Shifting things left by one bit effectively multiplies by two, shifting things right by one bit divides by two rounding down. Adding one in the middle makes it so that "rounding down" is actually rounding up if the result would have been above a .5 decimal part.

It's basically the same as if you wrote...

skip = int((1.0*total/surplus) + 0.5)

except with everything multplied by 2, and then later divided by 2, which is something you can do with integer arithmetic (since bit shifts don't require floating point).

Answer 2

This should work too:

def rint(n):
    return (int(n+.5) if n > 0 else int(n-.5))

Answer 3

Simply take care of the rounding rule before you ever divide. For the simplest round-half-up:

if total % surplus < surplus / 2:
    return total / surplus
else:
    return (total / surplus) + 1

Tweak a little bit if you need to do a proper round-to-even.

Answer 4

You can do this quite simply:

(n + d // 2) // d, where n is the dividend and d is the divisor.

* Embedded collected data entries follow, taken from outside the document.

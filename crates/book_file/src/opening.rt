//! Opens a database without writing to its database file.
ghost use Rattle.std.specs.Prelude.{◌≡◌, false, IfErr, IfOk, IsTrue, MatchOption};
ghost use Rattle.sqlite.specs.Files.{IsOpened, file_state};
ghost use Rattle.sqlite.specs.State.{HasCleanDisk};
ghost use Rattle.sqlite.specs.WalFiles.{image_at};
ghost use Rattle.sqlite.specs.WalReads.{AreClean};
ghost use Rattle.sqlite_disk.specs.Disk.{Only};
ghost use Rattle.sqlite_std_file.specs.File.{IsFresh};
ghost use Rattle.store_files.specs.Wal.{opens_none};
ghost use Rattle.book_file.specs.Files.{AreOnlyRead, FailsToOpen, IsIn};
ghost use Rattle.book_file.specs.Left.{unguarded};

use crate::guarded::Guarded;
use sqlite::{Connection, Error, ErrorCode, FileFrom, FileStore, Options};
use sqlite_disk::{Disk, Files, Start};
use std::hash::{BuildHasher, RandomState};

/// A guarded file that was opened at a path.
pub(crate) type GuardedFile<S> = Guarded<FileFrom<S>, S>;

const CANNOT_OPEN: Error = Error::SqliteFailure(ErrorCode::CannotOpen);

/// Opens the database in two files that were just opened and only read since.
///
/// # Errors
///
/// Returns the error of SQLite, with the two files if SQLite got them.
pub(crate) fn open_guarded<S: Start>(
    rt: &HostRuntime,
    files: Files<FileFrom<S>>,
) -> Result<Connection<FileStore<GuardedFile<S>>>, (Error, Option<Files<GuardedFile<S>>>)>
    requires { AreOnlyRead ⟦<FileFrom<S> as Disk>⟧ IsFresh (image_at S.Start) files }
    ensures idle { IfOk result (λ conn. conn.in_transaction ≡ false) }
    ensures opened { IfOk result (λ conn. HasCleanDisk (file_state conn) → IsOpened conn) }
    ensures found { IfOk result (λ conn. HasCleanDisk (file_state conn)
        → IsIn (image_at S.Start) (file_state conn).now) }
    ensures clean { IfOk result (λ conn. HasCleanDisk (file_state conn)
        → AreClean ⟦<FileFrom<S> as Disk>⟧ files.log files.db) }
    ensures failed { IfErr result (λ e. MatchOption e.1 (IsTrue (opens_none e.0))
        (FailsToOpen ⟦<GuardedFile<S> as Disk>⟧ IsFresh e.0)) }
{
    let Ok(seeds) = RandomState::new(rt) else {
        return Err((CANNOT_OPEN, None));
    };
    let options = Options::new(seeds.hash_one(&0u8));
    match Connection::open_files(rt.alloc(), guarded(files), options) {
        Ok(conn) => Ok(conn),
        Err((error, left)) => Err((error, Some(left.into_files()))),
    }
}

// Guards two files.
fn guarded<D: Disk, S: Start>(files: Files<D>) -> Files<Guarded<D, S>>
    requires { Only S.Start.db (D.Disk.may_leave files.db) }
    ensures { unguarded result ≡ files }
{
    Files {
        log: Guarded::new(files.log, true),
        db: Guarded::new(files.db, false),
    }
}
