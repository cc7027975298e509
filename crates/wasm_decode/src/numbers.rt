// Bytes and numbers (WebAssembly 1.0, section 5.2).
ghost use Rattle.std.specs.Prelude.{◌≡◌};
ghost use Rattle.fri_bytes.specs.Reading.{byte_at};
ghost use Rattle.wasm_decode.specs.inside.Decoding.{DecodesTo, DecodesAll, PassesOver};
ghost use Rattle.wasm_decode.specs.Values.{u32_at, i32_at, i64_at, f32_at, f64_at, exact_byte_at, end_of};

use crate::error::DecodeError;
use fri_bytes::Cursor;

pub(crate) fn byte(cursor: &mut Cursor) -> Result<u8, DecodeError>
    ensures { DecodesTo (λ b. b) result cursor.new (byte_at cursor.old.left) }
{
    cursor.byte().ok_or(DecodeError::Malformed)
}

/// A byte that has to be there.
#[tactic(auto, unfolding(crate::specs::Values::exact_byte_at))]
pub(crate) fn exact_byte(cursor: &mut Cursor, tag: u8) -> Result<(), DecodeError>
    ensures { PassesOver result cursor.new (exact_byte_at tag cursor.old.left) }
{
    if byte(cursor)? != tag {
        return Err(DecodeError::Malformed);
    }
    Ok(())
}

/// The end of the bytes.
#[tactic(auto, unfolding(crate::specs::Values::end_of))]
pub(crate) fn end(cursor: &Cursor) -> Result<(), DecodeError>
    ensures { DecodesAll (λ unit. unit) result (end_of cursor.now.left) }
{
    if !cursor.rest().is_empty() {
        return Err(DecodeError::Malformed);
    }
    Ok(())
}

pub(crate) fn number(cursor: &mut Cursor) -> Result<u32, DecodeError>
    ensures { DecodesTo (λ n. n) result cursor.new (u32_at cursor.old.left) }
{
    cursor.leb_u32().ok_or(DecodeError::Malformed)
}

/// The bits of a signed number of 32 bits.
#[tactic(auto, unfolding(crate::specs::Values::i32_at))]
pub(crate) fn bits_of_i32(cursor: &mut Cursor) -> Result<u32, DecodeError>
    ensures { DecodesTo (λ n. n) result cursor.new (i32_at cursor.old.left) }
{
    match cursor.leb_s32() {
        Some(number) => Ok(number.cast_unsigned()),
        None => Err(DecodeError::Malformed),
    }
}

/// The bits of a signed number of 64 bits.
#[tactic(auto, unfolding(crate::specs::Values::i64_at))]
pub(crate) fn bits_of_i64(cursor: &mut Cursor) -> Result<u64, DecodeError>
    ensures { DecodesTo (λ n. n) result cursor.new (i64_at cursor.old.left) }
{
    match cursor.leb_s64() {
        Some(number) => Ok(number.cast_unsigned()),
        None => Err(DecodeError::Malformed),
    }
}

/// The bits of a float of 32 bits.
pub(crate) fn bits_of_f32(cursor: &mut Cursor) -> Result<u32, DecodeError>
    ensures { DecodesTo (λ n. n) result cursor.new (f32_at cursor.old.left) }
{
    cursor.u32_le().ok_or(DecodeError::Malformed)
}

/// The bits of a float of 64 bits.
pub(crate) fn bits_of_f64(cursor: &mut Cursor) -> Result<u64, DecodeError>
    ensures { DecodesTo (λ n. n) result cursor.new (f64_at cursor.old.left) }
{
    cursor.u64_le().ok_or(DecodeError::Malformed)
}
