// The laws, as calls that do nothing.
ghost use Rattle.std.specs.Prelude.{◌↔◌, ◌≡◌, ℕ, List, Some};
ghost use Rattle.wasm_decode.specs.Grammar.{SpellsModule};
ghost use Rattle.wasm_decode.specs.Sections.{module_of_bytes};
ghost use Rattle.wasm_types.specs.Modules.{Module as Shown};

/// Bytes spell at most one module.
pub fn one_module()
    ensures { (bytes : List ℕ) (a b : Shown) → SpellsModule bytes a → SpellsModule bytes b → a ≡ b }
{
    fri_bytes::laws::exact_readers();
}

/// The function that gives the module gives the one that the bytes spell, and no other.
pub fn module_is_spelled()
    ensures { (bytes : List ℕ) (m : Shown) → (module_of_bytes bytes ≡ Some m) ↔ SpellsModule bytes m }
{
    fri_bytes::laws::exact_readers();
}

Alternatives like (((n << 1) // d) + 1) >> 1 or the equivalent (((n * 2) // d) + 1) // 2 may be SLOWER in recent CPythons, where an int is implemented like the old long.

The simple method does 3 variable accesses, 1 constant load, and 3 integer operations. The complicated methods do 2 variable accesses, 3 constant loads, and 4 integer operations. Integer operations are likely to take time which depends on the sizes of the numbers involved. Variable accesses of function locals don't involve "lookups".

If you are really desparate for speed, do benchmarks. Otherwise, KISS.